WORK ORDER:
Word for word, restate the entries below from their first line through the line that contains "const MOST_ASKED: usize = 65_536;".

(Saved entries)
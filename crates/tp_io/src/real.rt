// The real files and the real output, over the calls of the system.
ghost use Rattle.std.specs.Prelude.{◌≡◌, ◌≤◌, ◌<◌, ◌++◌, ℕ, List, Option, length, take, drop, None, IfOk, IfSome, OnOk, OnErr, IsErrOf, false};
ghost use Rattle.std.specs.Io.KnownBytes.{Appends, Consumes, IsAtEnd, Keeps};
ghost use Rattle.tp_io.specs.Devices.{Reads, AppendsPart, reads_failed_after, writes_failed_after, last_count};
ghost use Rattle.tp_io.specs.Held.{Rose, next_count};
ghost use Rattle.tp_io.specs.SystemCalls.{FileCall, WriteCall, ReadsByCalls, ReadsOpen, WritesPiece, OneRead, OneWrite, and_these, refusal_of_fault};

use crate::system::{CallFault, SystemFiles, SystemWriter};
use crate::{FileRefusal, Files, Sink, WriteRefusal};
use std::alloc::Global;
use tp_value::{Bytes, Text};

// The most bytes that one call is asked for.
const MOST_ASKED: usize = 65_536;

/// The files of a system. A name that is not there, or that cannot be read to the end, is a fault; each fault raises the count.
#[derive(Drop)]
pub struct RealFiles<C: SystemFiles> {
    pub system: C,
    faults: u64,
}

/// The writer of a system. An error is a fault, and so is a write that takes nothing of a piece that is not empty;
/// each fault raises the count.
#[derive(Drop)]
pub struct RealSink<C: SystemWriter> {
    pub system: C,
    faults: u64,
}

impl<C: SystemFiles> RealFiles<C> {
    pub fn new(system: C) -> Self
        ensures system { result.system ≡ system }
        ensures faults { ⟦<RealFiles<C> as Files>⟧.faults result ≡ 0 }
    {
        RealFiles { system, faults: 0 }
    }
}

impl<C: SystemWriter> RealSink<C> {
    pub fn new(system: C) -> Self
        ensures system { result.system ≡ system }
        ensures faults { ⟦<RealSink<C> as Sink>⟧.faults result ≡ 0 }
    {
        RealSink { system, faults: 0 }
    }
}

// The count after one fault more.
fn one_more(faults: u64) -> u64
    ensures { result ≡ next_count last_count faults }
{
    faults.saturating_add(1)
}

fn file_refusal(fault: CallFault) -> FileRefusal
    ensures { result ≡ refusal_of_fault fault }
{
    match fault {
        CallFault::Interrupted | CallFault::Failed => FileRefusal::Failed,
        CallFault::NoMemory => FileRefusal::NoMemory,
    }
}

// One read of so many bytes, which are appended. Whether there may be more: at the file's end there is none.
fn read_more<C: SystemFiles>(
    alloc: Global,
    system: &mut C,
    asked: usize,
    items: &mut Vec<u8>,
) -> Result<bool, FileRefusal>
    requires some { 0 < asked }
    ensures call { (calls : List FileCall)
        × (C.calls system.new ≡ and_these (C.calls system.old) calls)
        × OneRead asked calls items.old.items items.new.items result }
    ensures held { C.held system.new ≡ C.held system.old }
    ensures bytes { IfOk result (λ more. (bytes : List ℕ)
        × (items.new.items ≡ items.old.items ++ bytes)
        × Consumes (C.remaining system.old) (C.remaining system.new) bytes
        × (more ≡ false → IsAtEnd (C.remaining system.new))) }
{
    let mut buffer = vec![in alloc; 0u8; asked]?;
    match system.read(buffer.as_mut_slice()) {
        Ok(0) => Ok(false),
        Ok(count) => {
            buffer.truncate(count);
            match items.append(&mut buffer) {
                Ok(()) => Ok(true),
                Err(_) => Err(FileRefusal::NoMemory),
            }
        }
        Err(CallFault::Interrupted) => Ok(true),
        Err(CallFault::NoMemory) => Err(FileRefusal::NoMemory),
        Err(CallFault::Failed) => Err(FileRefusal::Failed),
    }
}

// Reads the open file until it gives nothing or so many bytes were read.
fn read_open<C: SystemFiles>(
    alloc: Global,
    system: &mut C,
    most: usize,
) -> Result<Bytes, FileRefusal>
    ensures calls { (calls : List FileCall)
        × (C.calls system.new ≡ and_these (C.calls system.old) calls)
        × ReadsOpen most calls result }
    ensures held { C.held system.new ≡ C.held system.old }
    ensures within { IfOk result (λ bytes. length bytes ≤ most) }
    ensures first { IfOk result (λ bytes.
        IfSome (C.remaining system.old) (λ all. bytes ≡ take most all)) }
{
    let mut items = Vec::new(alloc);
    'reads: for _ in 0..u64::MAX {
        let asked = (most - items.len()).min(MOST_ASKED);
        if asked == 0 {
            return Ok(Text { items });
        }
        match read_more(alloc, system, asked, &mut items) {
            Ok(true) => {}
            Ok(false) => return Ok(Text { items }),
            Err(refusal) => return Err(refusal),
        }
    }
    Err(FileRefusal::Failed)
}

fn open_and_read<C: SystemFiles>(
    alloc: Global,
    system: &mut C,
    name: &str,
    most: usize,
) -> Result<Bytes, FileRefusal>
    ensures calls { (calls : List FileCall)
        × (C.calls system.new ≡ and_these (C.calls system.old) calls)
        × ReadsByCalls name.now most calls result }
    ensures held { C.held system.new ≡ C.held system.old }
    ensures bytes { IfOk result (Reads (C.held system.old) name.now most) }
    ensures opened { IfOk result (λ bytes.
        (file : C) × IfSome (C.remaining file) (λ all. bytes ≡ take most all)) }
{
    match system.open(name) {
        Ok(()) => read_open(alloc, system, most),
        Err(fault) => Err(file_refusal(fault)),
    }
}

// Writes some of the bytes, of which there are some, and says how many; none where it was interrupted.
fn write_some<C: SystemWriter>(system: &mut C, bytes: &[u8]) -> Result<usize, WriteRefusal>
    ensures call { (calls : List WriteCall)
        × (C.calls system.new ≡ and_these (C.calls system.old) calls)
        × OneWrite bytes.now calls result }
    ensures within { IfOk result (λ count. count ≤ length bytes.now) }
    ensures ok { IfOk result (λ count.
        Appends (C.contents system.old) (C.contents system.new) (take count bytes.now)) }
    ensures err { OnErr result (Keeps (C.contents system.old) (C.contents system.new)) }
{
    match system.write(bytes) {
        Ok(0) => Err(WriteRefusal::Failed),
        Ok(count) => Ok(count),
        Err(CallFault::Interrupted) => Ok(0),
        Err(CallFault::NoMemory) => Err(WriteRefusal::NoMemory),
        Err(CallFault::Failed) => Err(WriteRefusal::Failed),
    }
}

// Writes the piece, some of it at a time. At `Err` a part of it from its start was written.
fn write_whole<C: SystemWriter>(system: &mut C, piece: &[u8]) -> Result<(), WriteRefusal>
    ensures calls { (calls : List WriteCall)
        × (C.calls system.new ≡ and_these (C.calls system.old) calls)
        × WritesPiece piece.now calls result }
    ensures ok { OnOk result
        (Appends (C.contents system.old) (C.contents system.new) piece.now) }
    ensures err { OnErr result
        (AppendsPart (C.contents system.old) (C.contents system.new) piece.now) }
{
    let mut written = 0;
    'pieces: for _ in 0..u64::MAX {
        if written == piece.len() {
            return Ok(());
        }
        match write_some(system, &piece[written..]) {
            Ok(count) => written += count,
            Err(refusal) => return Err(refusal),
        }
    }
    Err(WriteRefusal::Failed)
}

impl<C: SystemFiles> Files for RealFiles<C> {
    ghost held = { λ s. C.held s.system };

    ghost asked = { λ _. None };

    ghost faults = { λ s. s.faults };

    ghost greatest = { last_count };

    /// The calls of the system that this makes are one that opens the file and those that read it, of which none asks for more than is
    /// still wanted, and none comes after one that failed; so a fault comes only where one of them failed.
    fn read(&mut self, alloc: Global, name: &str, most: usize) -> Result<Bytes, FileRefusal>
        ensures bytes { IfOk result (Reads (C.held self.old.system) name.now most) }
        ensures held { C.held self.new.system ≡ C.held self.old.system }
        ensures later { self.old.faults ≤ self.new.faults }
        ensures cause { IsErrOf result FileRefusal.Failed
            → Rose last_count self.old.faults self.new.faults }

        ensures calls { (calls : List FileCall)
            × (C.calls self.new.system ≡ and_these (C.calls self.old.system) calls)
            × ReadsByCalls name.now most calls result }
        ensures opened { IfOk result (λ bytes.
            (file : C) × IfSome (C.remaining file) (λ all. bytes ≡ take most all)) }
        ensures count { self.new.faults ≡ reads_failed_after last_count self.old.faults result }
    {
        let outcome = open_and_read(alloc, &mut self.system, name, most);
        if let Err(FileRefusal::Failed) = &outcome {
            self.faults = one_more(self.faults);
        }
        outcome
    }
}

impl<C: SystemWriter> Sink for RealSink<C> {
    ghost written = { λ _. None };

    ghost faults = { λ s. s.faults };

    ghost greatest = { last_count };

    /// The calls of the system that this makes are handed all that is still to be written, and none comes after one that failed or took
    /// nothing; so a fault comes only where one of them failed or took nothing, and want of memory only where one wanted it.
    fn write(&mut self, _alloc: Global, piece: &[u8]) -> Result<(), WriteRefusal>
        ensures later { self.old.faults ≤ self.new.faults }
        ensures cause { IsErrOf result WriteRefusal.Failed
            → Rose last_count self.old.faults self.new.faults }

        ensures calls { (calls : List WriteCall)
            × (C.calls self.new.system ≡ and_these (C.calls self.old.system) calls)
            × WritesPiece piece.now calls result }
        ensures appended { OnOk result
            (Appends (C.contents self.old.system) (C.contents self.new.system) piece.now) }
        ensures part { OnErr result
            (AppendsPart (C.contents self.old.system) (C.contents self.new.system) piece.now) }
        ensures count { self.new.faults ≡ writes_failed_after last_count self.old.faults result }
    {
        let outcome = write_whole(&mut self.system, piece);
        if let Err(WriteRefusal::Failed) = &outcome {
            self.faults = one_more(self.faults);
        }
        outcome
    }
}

SOLUTION FOR THIS PROBLEM:
filename crates/tp_io/src/real.rt
// The real files and the real output, over the calls of the system.
ghost use Rattle.std.specs.Prelude.{◌≡◌, ◌≤◌, ◌<◌, ◌++◌, ℕ, List, Option, length, take, drop, None, IfOk, IfSome, OnOk, OnErr, IsErrOf, false};
ghost use Rattle.std.specs.Io.KnownBytes.{Appends, Consumes, IsAtEnd, Keeps};
ghost use Rattle.tp_io.specs.Devices.{Reads, AppendsPart, reads_failed_after, writes_failed_after, last_count};
ghost use Rattle.tp_io.specs.Held.{Rose, next_count};
ghost use Rattle.tp_io.specs.SystemCalls.{FileCall, WriteCall, ReadsByCalls, ReadsOpen, WritesPiece, OneRead, OneWrite, and_these, refusal_of_fault};

use crate::system::{CallFault, SystemFiles, SystemWriter};
use crate::{FileRefusal, Files, Sink, WriteRefusal};
use std::alloc::Global;
use tp_value::{Bytes, Text};

// The most bytes that one call is asked for.
const MOST_ASKED: usize = 65_536;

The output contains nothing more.